The price of oil passed another milestone last week, falling below $50 a barrel, a level that I had not expected to see again in my lifetime.

CrudeOilPricesCushingOklahmoa

Price of crude oil (West Texas Intermediate, dollars per barrel). Source: FRED.

It’s interesting that we crossed another milestone last week, with the yield on 10-year Treasury bonds falling below 2%. That, too, is something I had not expected to see.

NominalInterestRate10YearBonds

Nominal interest rate on 10-year Treasury bonds. Source: FRED.

And these two striking developments are surely related. I attribute sinking yields to ongoing weakening of the global economy, particularly Europe. And slower growth of world GDP means slower growth in the demand for oil. Other indicators of an economic slowdown outside the United States are falling prices of other commodities and a strengthening dollar.

Related: What Will 2015 Do For Peak Oil?

A month ago, I provided some simple analysis of the connection between these developments in the form of a regression of the weekly change in the natural logarithm of the price of WTI on the weekly log changes in dollar price of copper and trade-weighted value of the dollar along with the weekly change in the yield on 10-year Treasuries. Here again are the results of that regression when estimated from April 2007 to June 2014 with heteroskedasticity- and autocorrelation-consistent t-statistics in parentheses:

Regression

Last month I used that regression to ask how much of the decline in oil prices between July 1 and December 12 of last year could be predicted statistically by the changes in copper prices, bond yields and value of the dollar. I found that the regression would predict a $20 decline in the price of oil over that period. Since it seems reasonable to assume that changes in copper prices, bond yields, and the exchange rate reflect primarily global demand factors rather than anything going on specific to the oil market, I concluded that about $20 of the $47 drop in the price of oil between July 4 and December 12 could be attributed to demand factors.

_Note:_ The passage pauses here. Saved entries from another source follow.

//! Sites that agree, whatever is lost, repeated or reordered, and whenever they fall: functions that do nothing, whose
//! contracts say what holds under every legal list of what may happen to sites alone, for every machine, every number
//! of sites and every opening.
//!
//! A `LegalList` is any list of deliveries, losses, repeats, timers, beats, crashes, restarts and falls that may
//! happen to 2f+1 sites over boot cells of any value, with the world that it leads to; `Continued` is any continuation
//! of it. Each promise is defined in `specs/Promises.antt`; those of how a list can go on, in `specs/Progress.antt`.
#![tactic(auto)]

ghost use Rattle.std.specs.Prelude.{◌≡◌, ℕ, ◌≤◌, ◌++◌, List, All};
ghost use Rattle.agreement.specs.Progress.{CanGoOn, Progresses, AreWorking, IsNew, Serves, IsNewest, Repeats};
ghost use Rattle.vr_types.specs.declared.row.RowOf.{RowOf};
ghost use Rattle.vr_types.specs.declared.cell.Boot.{Boot};
ghost use Rattle.vr_types.specs.Choice.{Choice};
ghost use Rattle.vr_types.specs.Step.{Step};
ghost use Rattle.agreement.specs.Worlds.{World, Happening, fallen, IsLegal, LegalList, Continued};
ghost use Rattle.agreement.specs.Promises.{SitesAgree, FirstRowsAgree, NeverRestarts, LogsRise, CollectedAreFresh, UsedAreFresh, VotesBind};
ghost use Rattle.agreement.specs.Promises.{AnsweredRowsStay, RepliesAgree, AnswersAgree, AnswersAreRight};
ghost use Rattle.agreement.specs.Promises.{LogsWereAsked, MessagesWereAsked, RepliesWereSent, OrdersWereSent};
ghost use Rattle.agreement.specs.Promises.{replies_sent, orders_sent, all_sent, GrowsByStep, IsRightReply, IsOpenOrder};

use vr_types::Machine;

/// Any two sites, at any two moments of one legal list, have executed the same row at each place that both have, and so
/// the same first rows.
pub fn agreement<C, R, O>()
    ensures rows { (f : ℕ) (early : LegalList C R O f) (late : Continued early) →
        SitesAgree early.world late.world }
    ensures first_rows { (f : ℕ) (early : LegalList C R O f) (late : Continued early) →
        FirstRowsAgree early.world late.world }
{}

/// The same where no site restarts.
pub fn agreement_running<C, R, O>()
    ensures { (f : ℕ) (early : LegalList C R O f) (late : Continued early) →
        NeverRestarts (early.events ++ late.events) → SitesAgree early.world late.world }
{}

/// In every log the numbers of each client rise.
pub fn rising<C, R, O>()
    ensures { (f : ℕ) (list : LegalList C R O f) → LogsRise list.world }
{}

/// A site that ever sent a DOVIEWCHANGE runs in no view below it, whether or not it restarted since. For any two
/// messages of one kind that a site collects for a view change or a recovery, the sender of one knew no later boot of
/// the sender of the other than the one that the other is of; the same holds of the messages by which a step opens a
/// view or regains a state.
pub fn binding<C, R, O>()
    ensures bind { (f : ℕ) (list : LegalList C R O f) → VotesBind list.world }
    ensures fresh { (f : ℕ) (list : LegalList C R O f) → CollectedAreFresh list.world }
    ensures used { (f : ℕ) (list : LegalList C R O f) → UsedAreFresh list }
{}

/// What was answered stays: the rows up to one that was ever answered in a view, as their sender had them, begin the log
/// of every site that is normal in a later view, at the same moment, before or after.
pub fn lasting<C, R, O>()
    ensures { (f : ℕ) (early : LegalList C R O f) (late : Continued early) →
        AnsweredRowsStay early.world late.world }
{}

/// Every REPLY that was ever sent for one request of a client is for the same place, after the same rows, and carries
/// the same answer: the machine's, at the place of that request's row in the executed rows of any site, at any moment.
pub fn replies_agree<M: Machine>()
    ensures one_place { (f : ℕ) (list : LegalList M.Cmd M.Reply M.Order f) →
        RepliesAgree list.world }
    ensures one_answer { (f : ℕ) (list : LegalList M.Cmd M.Reply M.Order f) (start : M) →
        AnswersAgree M.Machine start list.world }
    ensures right_answer { (f : ℕ) (early : LegalList M.Cmd M.Reply M.Order f) →
        (late : Continued early) (start : M) →
        AnswersAreRight M.Machine start early.world late.world }
{}

/// Nothing is invented: each row of every log, and of every message that was ever sent, came by a REQUEST of that
/// client with that number and command that was delivered before. Each REPLY was sent in a step that a site of the
/// list took, for a row that this site had executed by then. Open orders were only sent in a step of a site of the
/// list that is normal after it.
pub fn invented<C, R, O>()
    ensures logs { (f : ℕ) (list : LegalList C R O f) → LogsWereAsked list.events list.world }
    ensures messages { (f : ℕ) (list : LegalList C R O f) →
        MessagesWereAsked list.events list.world }
    ensures replies { (f : ℕ) (list : LegalList C R O f) → RepliesWereSent list }
    ensures orders { (f : ℕ) (list : LegalList C R O f) → OrdersWereSent list }
{}

/// What clients receive: every REPLY ever sent carries the machine's answer to a row that its sender had executed, and
/// every order ever sent was open after the rows that its sender had executed, the sender as it was after the step
/// that sent it. What was ever sent is what the steps of sites send, and nothing else.
pub fn told<M: Machine>()
    ensures replies { (f : ℕ) (list : LegalList M.Cmd M.Reply M.Order f) (start : M) →
        All (IsRightReply M.Machine start list) (replies_sent M.Machine start list.world) }
    ensures orders { (f : ℕ) (list : LegalList M.Cmd M.Reply M.Order f) (start : M) →
        All (IsOpenOrder M.Machine start list) (orders_sent M.Machine start list.world) }
    ensures steps { (world : World M.Cmd M.Reply M.Order) (site : ℕ) (start : M) →
        (step : Step M.Cmd M.Reply M.Order) → GrowsByStep M.Machine start world site step }
    ensures falls { (world : World M.Cmd M.Reply M.Order) (site : ℕ) (start : M) (cell : Boot) →
        all_sent M.Machine start (fallen world site cell) ≡ all_sent M.Machine start world }
{}

/// A list that is legal over these cells leads to one world, whatever right choices its steps take as given: a fall
/// names the value of its cell. For one given choice this holds whether it is right or not.
pub fn one_world<C, R, O>()
    ensures right_choices { (f : ℕ) (a b : LegalList C R O f) →
        a.cells ≡ b.cells → a.events ≡ b.events → a.world ≡ b.world }
    ensures one_choice { (choose : Choice C) (f : ℕ) (cells : List Boot) (a b : World C R O) →
        (events : List (Happening C R O)) → IsLegal choose f cells events a →
        IsLegal choose f cells events b → a ≡ b }
{}

/// For f above 0: a legal list in which f+1 sites run, and no view is near its end, can always go on without a crash,
/// by timers, beats, restarts and messages between sites that were sent, until every site that is not down for good
/// works in one view with one log, all of it executed, which begins with what any site had executed at any moment of
/// the list. Where sites work so, each new request can be executed by all that work and answered, one after another;
/// and the newest request of a client can be answered again.
pub fn progress<C, R, O>()
    ensures progress { (f : ℕ) → 1 ≤ f → (list : LegalList C R O f) →
        CanGoOn f list.world.sites → Progresses list }
    ensures serving { (f : ℕ) → 1 ≤ f → (list : LegalList C R O f) →
        (view : ℕ) (log : List (RowOf C)) (row : RowOf C) →
        AreWorking f view log list.world.sites → IsNew log row →
        Serves list.choose f list.world view log row }
    ensures repeating { (f : ℕ) → 1 ≤ f → (list : LegalList C R O f) →
        (view : ℕ) (log : List (RowOf C)) (row : RowOf C) →
        AreWorking f view log list.world.sites → IsNewest log row →
        Repeats list.choose f list.world view log row }
{}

Related: Current Oil Crisis More Dangerous Than You Think

The price of oil has fallen another $8/barrel since then, prompting me to update those calculations. Since December 12, copper has slid an additional 6.15%, the dollar gained an additional 2.67%, and the 10-year yield fell another 13 basis points. On the basis of the above regression, that would have led to us predict an additional oil price decline since December 12 of almost another $4/barrel.

That is, of the $55 drop in the price of oil since the start of July, about $24, or 44%, seems attributable to broader demand factors rather than anything specific happening to the oil market. That’s almost the same percentage as when I performed the calculation using data that we had available a month ago.

So what’s been happening on the supply side of oil markets is important. But so is what’s been happening on the demand side.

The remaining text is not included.